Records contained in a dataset
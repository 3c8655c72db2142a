//! The reads of a writer of many slices at once, and those that make no call of its blob.

ghost use Rattle.std.specs.Prelude.{◌≡◌, ◌⊎◌, ◌+◌, ◌*◌, ◌≤◌, ◌↔◌, List, length, take, drop};
ghost use Rattle.std.specs.Prelude.{IsTrue, IsFalse, IfOk, IfErr, OnOk, IsErr};
ghost use Rattle.paged_format.specs.Footers.{content_size};
ghost use Rattle.paged_blob_parts.specs.Calls.{Call};
ghost use Rattle.paged_blob_parts.specs.Answers.{failures_after};
ghost use Rattle.paged_blob_parts.specs.CachedContent.{HoldsPagesOf, KeepsOthers};
ghost use Rattle.paged_blob_parts.specs.Writers.{written, IsWriter};
ghost use Rattle.paged_blob_parts.specs.Stands.{pages_of};
ghost use Rattle.paged_blob_parts.specs.Served.{slices, total, items_of, are_within, IsRangesCause};
ghost use Rattle.paged_blob_parts.specs.Served.{IsServed, AreServed};

use super::Writer;
use fault_storage::Checksum;
use paged_blob_parts::{Blob, CacheRef, Error};

impl<C: Checksum, Phase> Writer<C, Phase> {
    /// Reads the slices of ranges, each an offset and a length, one behind the other into `out`, and answers a
    /// number of them that were served without the disk. Where the list ends before one of them: F7, and nothing
    /// is touched; else it is refused only where a read of the blob is, and what `out` has then is open. That
    /// `out` has as many bytes as they have is on the caller. In the Rust: `paged::Writer::read_ranges_into`.
    pub fn read_ranges_into<B: Blob>(
        &self,
        blob: &mut B,
        cache: &mut CacheRef,
        out: &mut [u8],
        ranges: &[(u64, usize)],
    ) -> Result<usize, Error>
        requires writer { IsWriter C.checksum_of (B.calls blob.old) self.now }
        requires pages { cache.old.page_size ≡ content_size self.now.page_size }
        requires cached { HoldsPagesOf (written C.checksum_of (B.calls blob.old) self.now) cache.old
            self.now.blob_id }
        requires room { length out.old ≡ total ranges.now }
        ensures bytes { OnOk result (out.new ≡ slices (written C.checksum_of (B.calls blob.old) self.now)
            ranges.now) }
        ensures served { IfOk result (λ served. served ≤ length ranges.now) }
        ensures past { IsFalse (are_within (self.now.tip.offset + length self.now.tip.bytes)
            ranges.now)
            → (result ≡ Err Error.BlobInsufficientLength) × (out.new ≡ out.old) × (cache.new ≡ cache.old) }
        ensures cause { IfErr result (IsRangesCause (B.failures blob.old) self.now.page_size self.now.tip.offset
            (self.now.tip.offset + length self.now.tip.bytes)
            ranges.now) }
        ensures cached { HoldsPagesOf (written C.checksum_of (B.calls blob.old) self.now) cache.new self.now.blob_id }
        ensures same { cache.new ≡ record cache.old { pages = cache.new.pages } }
        ensures others { KeepsOthers cache.old cache.new self.now.blob_id }
        ensures calls { B.calls blob.new ≡ B.calls blob.old }
        ensures failures { B.failures blob.new ≡ failures_after result (B.failures blob.old) }
        ensures left { B.left blob.new ≤ B.left blob.old }
    {
        self.view().read_ranges_into(blob, cache, out, ranges)
    }

    /// Reads as many bytes from each of these offsets on, `item_size`, one behind the other into `out`, as
    /// `read_ranges_into` does, and is refused where that is, and out of memory. In the Rust:
    /// `paged::Writer::read_many_into`.
    pub fn read_many_into<B: Blob>(
        &self,
        blob: &mut B,
        cache: &mut CacheRef,
        out: &mut [u8],
        offsets: &[u64],
        item_size: usize,
    ) -> Result<usize, Error>
        requires writer { IsWriter C.checksum_of (B.calls blob.old) self.now }
        requires pages { cache.old.page_size ≡ content_size self.now.page_size }
        requires cached { HoldsPagesOf (written C.checksum_of (B.calls blob.old) self.now) cache.old
            self.now.blob_id }
        requires room { length out.old ≡ length offsets.now * item_size }
        ensures bytes { OnOk result (out.new ≡ slices (written C.checksum_of (B.calls blob.old) self.now)
            (items_of item_size offsets.now)) }
        ensures served { IfOk result (λ served. served ≤ length (items_of item_size offsets.now)) }
        ensures past { IsFalse (are_within (self.now.tip.offset + length self.now.tip.bytes)
            (items_of item_size offsets.now))
            → IsErr result × (out.new ≡ out.old) × (cache.new ≡ cache.old) }
        ensures cause { IfErr result (IsRangesCause (B.failures blob.old) self.now.page_size self.now.tip.offset
            (self.now.tip.offset + length self.now.tip.bytes)
            (items_of item_size offsets.now)) }
        ensures cached { HoldsPagesOf (written C.checksum_of (B.calls blob.old) self.now) cache.new self.now.blob_id }
        ensures same { cache.new ≡ record cache.old { pages = cache.new.pages } }
        ensures others { KeepsOthers cache.old cache.new self.now.blob_id }
        ensures calls { B.calls blob.new ≡ B.calls blob.old }
        ensures failures { B.failures blob.new ≡ failures_after result (B.failures blob.old) }
        ensures left { B.left blob.new ≤ B.left blob.old }
    {
        self.view()
            .read_many_into(blob, cache, out, offsets, item_size)
    }

    /// Whether a slice of the list is in memory, in pages that are kept and in what stands behind all pages: then
    /// `out` has it, and else what `out` has is open. Past the end it is false. It takes no memory and is never
    /// refused. In the Rust: `paged::Writer::try_read_sync_into`.
    pub fn try_read_sync_into(&self, cache: &CacheRef, out: &mut [u8], offset: u64) -> bool
        // Over whatever calls this is a writer, where the pages that are kept are those of its list:
        ensures served { (calls : List Call) → IsWriter C.checksum_of calls self.now
            → cache.now.page_size ≡ content_size self.now.page_size
            → HoldsPagesOf (written C.checksum_of calls self.now) cache.now self.now.blob_id → (IsTrue result
            ↔ IsServed cache.now (pages_of self.now) (self.now.tip.offset + length self.now.tip.bytes)
            offset (length out.old)) }
        ensures bytes { (calls : List Call) → IsWriter C.checksum_of calls self.now
            → cache.now.page_size ≡ content_size self.now.page_size
            → HoldsPagesOf (written C.checksum_of calls self.now) cache.now self.now.blob_id → IsTrue result
            → out.new ≡ take (length out.old) (drop offset (written C.checksum_of calls self.now)) }
    {
        self.view().try_read_sync_into(cache, out, offset)
    }

    /// Reads those of the ranges that are in memory, each into its place of `out`, and answers the indexes of the
    /// others, whose places are open then. Where the list ends before one of them: F7, and nothing is touched. Out
    /// of memory: F9. That `out` has as many bytes as the ranges is on the caller. In the Rust:
    /// `paged::Writer::try_read_ranges_sync_into`.
    pub fn try_read_ranges_sync_into(
        &self,
        cache: &CacheRef,
        out: &mut [u8],
        ranges: &[(u64, usize)],
    ) -> Result<Vec<usize>, Error>
        requires room { length out.old ≡ total ranges.now }
        // Over whatever calls this is a writer, where the pages that are kept are those of its list:
        ensures served { (calls : List Call) → IsWriter C.checksum_of calls self.now
            → cache.now.page_size ≡ content_size self.now.page_size
            → HoldsPagesOf (written C.checksum_of calls self.now) cache.now self.now.blob_id → IfOk result
            (λ missing. AreServed cache.now (pages_of self.now) (written C.checksum_of calls self.now) 0
            ranges.now out.new missing.items) }
        ensures past { IsFalse (are_within (self.now.tip.offset + length self.now.tip.bytes)
            ranges.now)
            → (result ≡ Err Error.BlobInsufficientLength) × (out.new ≡ out.old) }
        ensures cause { IfErr result (λ e. (e ≡ Error.Memory) ⊎ ((e ≡ Error.BlobInsufficientLength)
            × IsFalse (are_within (self.now.tip.offset + length self.now.tip.bytes)
            ranges.now))) }
    {
        self.view().try_read_ranges_sync_into(cache, out, ranges)
    }

    /// Reads as many bytes from each of these offsets on, `item_size`, as `try_read_ranges_sync_into` does, and is
    /// refused where that is. In the Rust: `paged::Writer::try_read_many_sync_into`.
    pub fn try_read_many_sync_into(
        &self,
        cache: &CacheRef,
        out: &mut [u8],
        offsets: &[u64],
        item_size: usize,
    ) -> Result<Vec<usize>, Error>
        requires room { length out.old ≡ length offsets.now * item_size }
        // Over whatever calls this is a writer, where the pages that are kept are those of its list:
        ensures served { (calls : List Call) → IsWriter C.checksum_of calls self.now
            → cache.now.page_size ≡ content_size self.now.page_size
            → HoldsPagesOf (written C.checksum_of calls self.now) cache.now self.now.blob_id → IfOk result
            (λ missing. AreServed cache.now (pages_of self.now) (written C.checksum_of calls self.now) 0
            (items_of item_size offsets.now) out.new missing.items) }
        ensures past { IsFalse (are_within (self.now.tip.offset + length self.now.tip.bytes)
            (items_of item_size offsets.now))
            → IsErr result × (out.new ≡ out.old) }
        ensures cause { IfErr result (λ e. (e ≡ Error.Memory) ⊎ ((e ≡ Error.BlobInsufficientLength)
            × IsFalse (are_within (self.now.tip.offset + length self.now.tip.bytes)
            (items_of item_size offsets.now)))) }
    {
        self.view()
            .try_read_many_sync_into(cache, out, offsets, item_size)
    }
}
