//! Refusals by their numbers.

use fault_storage::{Call, Error, HeaderError};

/// The number of a header's fault.
pub fn header_number(fault: HeaderError) -> &'static str {
    match fault {
        HeaderError::Magic => "H1",
        HeaderError::LayoutNotAllowed => "H2",
        HeaderError::Short => "H3",
        HeaderError::LayoutVersion => "H4",
        HeaderError::Checksum => "H5",
        HeaderError::BlobVersion => "H6",
    }
}

// What a call is called.
fn call_name(call: Call) -> &'static str {
    match call {
        Call::Open => "open",
        Call::Read => "read",
        Call::Write => "write",
        Call::Sync => "sync",
        Call::Resize => "resize",
        Call::Remove => "remove",
        Call::Scan => "scan",
    }
}

/// The number of a refusal, and the word for what it carries (empty where that is nothing).
pub fn number(error: Error) -> (&'static str, &'static str) {
    match error {
        Error::BlobMissing => ("F1", ""),
        Error::PartitionMissing => ("F2", ""),
        Error::PartitionNameInvalid => ("F3", ""),
        Error::AlreadyOpen => ("F4", ""),
        Error::Header(fault) => ("F5 ", header_number(fault)),
        Error::Injected(call) => ("F6 ", call_name(call)),
        Error::BlobInsufficientLength => ("F7", ""),
        Error::NumberEnded => ("F8", ""),
        Error::Memory => ("F9", ""),
        Error::Retained => ("F11", ""),
    }
}
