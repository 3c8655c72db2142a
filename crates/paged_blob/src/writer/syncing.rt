//! A writer's syncs that are started and waited for.

ghost use Rattle.std.specs.Prelude.{◌≡◌, ◌+◌, ◌-◌, ◌/◌, ◌%◌, ◌<◌, ◌≤◌, ◌↔◌, List, Ok, Err, length, take};
ghost use Rattle.std.specs.Prelude.{IsTrue, IfOk, IfErr, OnOk, OnErr};
ghost use Rattle.paged_format.specs.Footers.{content_size};
ghost use Rattle.paged_blob_parts.specs.Calls.{Call};
ghost use Rattle.paged_blob_parts.specs.Moments.{Through};
ghost use Rattle.paged_blob_parts.specs.Answers.{failures_after, IsCause, IsPowerOff, RecordsSync};
ghost use Rattle.paged_blob_parts.specs.Caches.{AreGiven};
ghost use Rattle.paged_blob_parts.specs.CachedContent.{HoldsPagesOf, KeepsOthers};
ghost use Rattle.paged_blob_parts.specs.Writers.{written, IsWriter, Keeps};
ghost use Rattle.paged_blob.specs.Syncs.{IsUnderWay, outcome, settled_tip, settled_slot};
ghost use Rattle.paged_blob_parts.specs.declared.error.CallKind.{CallKind};

use super::Writer;
use fault_storage::Checksum;
use paged_blob_parts::flush::last_slot;
use paged_blob_parts::{Blob, CacheRef, Error, StartedSync};

/// A sync of a writer that was started: how many bytes of its list it makes durable, and the blob's sync, which keeps
/// its answer until it is waited for. In the Rust a handle of a task that runs.
#[derive(Debug, Drop)]
pub struct WriterSync {
    size: u64,
    sync: StartedSync,
}

impl WriterSync {
    /// How many bytes of the list it makes durable: as many as there were when it was started (own).
    pub fn size(&self) -> u64
        ensures { result ≡ self.now.size }
    {
        self.size
    }
}

impl<C: Checksum, Phase> Writer<C, Phase> {
    // Whether so many bytes of the list are durable.
    fn has_synced(&self, size: u64) -> bool
        ensures { IsTrue result ↔ (size ≤ self.now.synced) }
    {
        size <= self.synced
    }

    // After a sync of so many bytes of the list: they are durable, and the tip begins behind their whole pages.
    pub(crate) fn settle_first(&mut self, cache: &mut CacheRef, size: u64)
        requires pages { cache.old.page_size ≡ content_size self.old.page_size }
        requires begins { self.old.tip.offset % content_size self.old.page_size ≡ 0 }
        requires some { self.old.tip.offset ≤ size }
        requires within { size ≤ self.old.tip.offset + length self.old.tip.bytes }
        ensures synced { self.new.synced ≡ size }
        ensures slot { self.new.slot ≡ settled_slot C.checksum_of self.old (size - self.old.tip.offset) }
        ensures tip { self.new.tip ≡ settled_tip self.old.page_size (size - self.old.tip.offset) self.old.tip }
        ensures same { (self.new.page_size ≡ self.old.page_size) × (self.new.blob_id ≡ self.old.blob_id) }
        ensures cache { cache.new ≡ record cache.old { pages = cache.new.pages } }
        ensures given { let bytes = take (size - self.old.tip.offset) self.old.tip.bytes in
            AreGiven cache.old.pages cache.new.pages self.old.blob_id (self.old.tip.offset / cache.old.page_size)
            cache.old.page_size bytes (length bytes / cache.old.page_size) }
    {
        let _end = self.tip.end();
        let room = self.page_size - 12;
        let offset = self.tip.offset();
        let count = (size - offset) as usize;
        let (bytes, _) = self.tip.as_bytes().split_at(count);
        let slot = last_slot::<C>(self.page_size, self.slot, bytes);
        let _ = cache.cache(self.blob_id, bytes, offset);
        self.synced = size;
        self.slot = slot;
        self.tip.drain(count / room * room);
    }

    /// Starts a sync of what was appended so far, and gives it beside the writer: it covers these bytes and no later
    /// ones, and its answer is told of when it is waited for (`wait_for_sync`). Until then nothing more counts as
    /// durable (`needs_sync`), the list takes bytes into memory alone (`try_append`), since a flush might write the
    /// slot that the sync makes durable, and it is read by its `view`. Where all is durable, no call of the blob is
    /// made. Refused where a write is, the writer is given up. In the Rust: `paged::Writer::start_sync`.
    pub fn start_sync<B: Blob>(self, blob: &mut B) -> Result<(Self, WriterSync), Error>
        requires writer { IsWriter C.checksum_of (B.calls blob.old) self }
        ensures same { IfOk result (λ r. r.0 ≡ self) }
        ensures size { IfOk result (λ r. r.1.size ≡ length (written C.checksum_of (B.calls blob.old) self)) }
        ensures under_way { IfOk result (λ r. IsUnderWay C.checksum_of (B.calls blob.new) r.0 r.1) }
        ensures content { IfOk result (λ r. written C.checksum_of (B.calls blob.new) r.0
            ≡ written C.checksum_of (B.calls blob.old) self) }
        // It is a sync of the blob after the calls that flush the list.
        ensures recorded { IfOk result (λ r. self.synced < self.tip.offset + length self.tip.bytes
            → (flushed : List Call) × RecordsSync r.1.sync.answer flushed (B.calls blob.new)) }
        // Whatever a crash leaves at any moment of the call, and until it is waited for, keeps what was synced before.
        ensures any_moment { Through (Keeps C.checksum_of self.page_size
            (written C.checksum_of (B.calls blob.old) self) self.synced) (B.calls blob.old) (B.calls blob.new) }
        ensures cause { IfErr result (IsCause (B.failures blob.old) CallKind.Write 0) }
        ensures refused { IfOk result (λ r. IfErr r.1.sync.answer (IsCause (B.failures blob.old) CallKind.Sync 0)) }
        ensures failures { B.failures blob.new ≡ failures_after (outcome result) (B.failures blob.old) }
        ensures left { B.left blob.new ≤ B.left blob.old }
        // No call is made where all is durable, and none goes through under a cut.
        ensures idle { self.tip.offset + length self.tip.bytes ≤ self.synced
            → (outcome result ≡ Ok tt) × (blob.new ≡ blob.old) }
        ensures powered { OnOk (outcome result) (self.synced < self.tip.offset + length self.tip.bytes
            → IsPowerOff (B.failures blob.old) (B.left blob.old) → ⊥) }
    {
        let size = self.size();
        if !self.needs_sync() {
            let sync = StartedSync::new(Ok(()));
            return Ok((self, WriterSync { size, sync }));
        }
        self.flush_tip(blob)?;
        let sync = blob.start_sync();
        Ok((self, WriterSync { size, sync }))
    }

    /// Waits for a sync that was started: what it covers is durable then, and what came into memory since is not. It
    /// makes no call of the blob. Refused where the sync was, the writer is given up, as after a `sync` that is
    /// refused.
    /// In the Rust: `paged::Writer::wait_for_sync`.
    pub fn wait_for_sync<B: Blob>(
        mut self,
        _blob: &B,
        cache: &mut CacheRef,
        started: WriterSync,
    ) -> Result<Self, Error>
        requires under_way { IsUnderWay C.checksum_of (B.calls _blob.now) self started }
        requires pages { cache.old.page_size ≡ content_size self.page_size }
        ensures waited { OnOk result (started.sync.answer ≡ Ok tt) }
        ensures refused { IfErr result (λ e. started.sync.answer ≡ Err e) }
        ensures writer { IfOk result (λ w. IsWriter C.checksum_of (B.calls _blob.now) w) }
        ensures content { IfOk result (λ w. written C.checksum_of (B.calls _blob.now) w
            ≡ written C.checksum_of (B.calls _blob.now) self) }
        ensures synced { IfOk result (λ w. w.synced ≡ started.size) }
        ensures same { IfOk result (λ w. (w.page_size ≡ self.page_size) × (w.blob_id ≡ self.blob_id)
            × (w.tip.capacity ≡ self.tip.capacity)) }
        ensures cache { cache.new ≡ record cache.old { pages = cache.new.pages } }
        ensures uncached { OnErr result (cache.new ≡ cache.old) }
        // The pages that are kept under the writer's name stay those of its content.
        ensures cached { HoldsPagesOf (written C.checksum_of (B.calls _blob.now) self) cache.old self.blob_id
            → HoldsPagesOf (written C.checksum_of (B.calls _blob.now) self) cache.new self.blob_id }
        ensures others { KeepsOthers cache.old cache.new self.blob_id }
    {
        let WriterSync { size, sync } = started;
        sync.finish()?;
        if self.has_synced(size) {
            return Ok(self);
        }
        self.settle_first(cache, size);
        Ok(self)
    }
}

**Task prompt**: The answer is every line in the data where the word "they" appears.

**Final answer**:
    /// `out` has as many bytes as they have is on the caller. In the Rust: `paged::Writer::read_ranges_into`.
    // After a sync of so many bytes of the list: they are durable, and the tip begins behind their whole pages.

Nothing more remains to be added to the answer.